Is it possible to access the DOM element 'this' in the non-function argument of a parameter in a jQuery plugin?

I have a potentially weird question about this and jQuery plugins

As I understand it, the following is a very simple jQuery plugin:

 $.fn.clickclone = function(param){ return this.click(function(){ param.apply(this); }); }; 

(pretending to be a plugin that somehow extends click() .)

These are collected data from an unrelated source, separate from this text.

/// The value of an element of a list.
#[cycle(eval)]
fn eval_nth(
    scope: &Scope<'_>,
    e: &ExprChild,
    i: &ExprChild,
    d: &ExprChild,
    place: &mut Sample,
) -> Result<(), Memory>
    ensures { OnOk result
        (datum_of place.new ≡ element_at (value_in e.now scope.now)
        (int_of (value_in i.now scope.now))
        (value_in d.now scope.now)) }
{
    let list = look(scope, e)?;
    let found = eval_element(scope, list.get(), i, d, place);
    drop(list);
    found
}

/// The value of an `nth` whose list has this value.
#[cycle(eval)]
fn eval_element(
    scope: &Scope<'_>,
    list: &Sample,
    i: &ExprChild,
    d: &ExprChild,
    place: &mut Sample,
) -> Result<(), Memory>
    ensures { OnOk result
        (datum_of place.new ≡ element_at (datum_of list.now) (int_of (value_in i.now scope.now))
        (value_in d.now scope.now)) }
{
    let at = eval_number(scope, i)?;
    match element(list, at) {
        Some(found) => place.put_copy(scope.alloc, found),
        None => eval_into(scope, d.get(), place),
    }
}

/// The value of a list of these elements.
#[cycle(eval)]
#[tactic(auto, using(std::proofs::lemmas::Grind::common_steps, crate::proofs::Places::element_smaller))]
fn eval_elements(scope: &Scope<'_>, elements: &Exprs, place: &mut Sample) -> Result<(), Memory>
    ensures { OnOk result
        (datum_of place.new ≡ list (list_of (values_in (expressions_of elements.now) scope.now))) }
{
    let mut values = Vec::new(scope.alloc);
    for element in elements.as_slice() {
        let mut value = Sample::Unit;
        match eval_into(scope, element, &mut value) {
            Ok(()) => values.push(value)?,
            Err(Memory) => {
                drop(value);
                drop(values);
                return Err(Memory);
            }
        }
    }
    let all = Samples::new(scope.alloc, values)?;
    place.put(Sample::List(all));
    Ok(())
}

So, if I pass the function as an argument, it does what it needs and correctly calls this as a DOM node. Easy.

This is all clear to me.

What is unclear is there a way to pass an argument to a non-function plugin and is it correct to access this from the arguments? those. I could configure the plugin to do something like this:

 $("#foo").pluginname(["foo", $(this).text() ]); 

Such that for:

 <a href="/bar" id="foo">Bar</a> 

It would correctly pass the array to the plugin, and the second element in the array would return the value Bar ?

I do this mainly to provide syntactic sugar for my plugin, where you can pass the array as a shortcut (in addition to the usual callback function as the main function). In addition, I am losing access to using this . Hence my dilemma.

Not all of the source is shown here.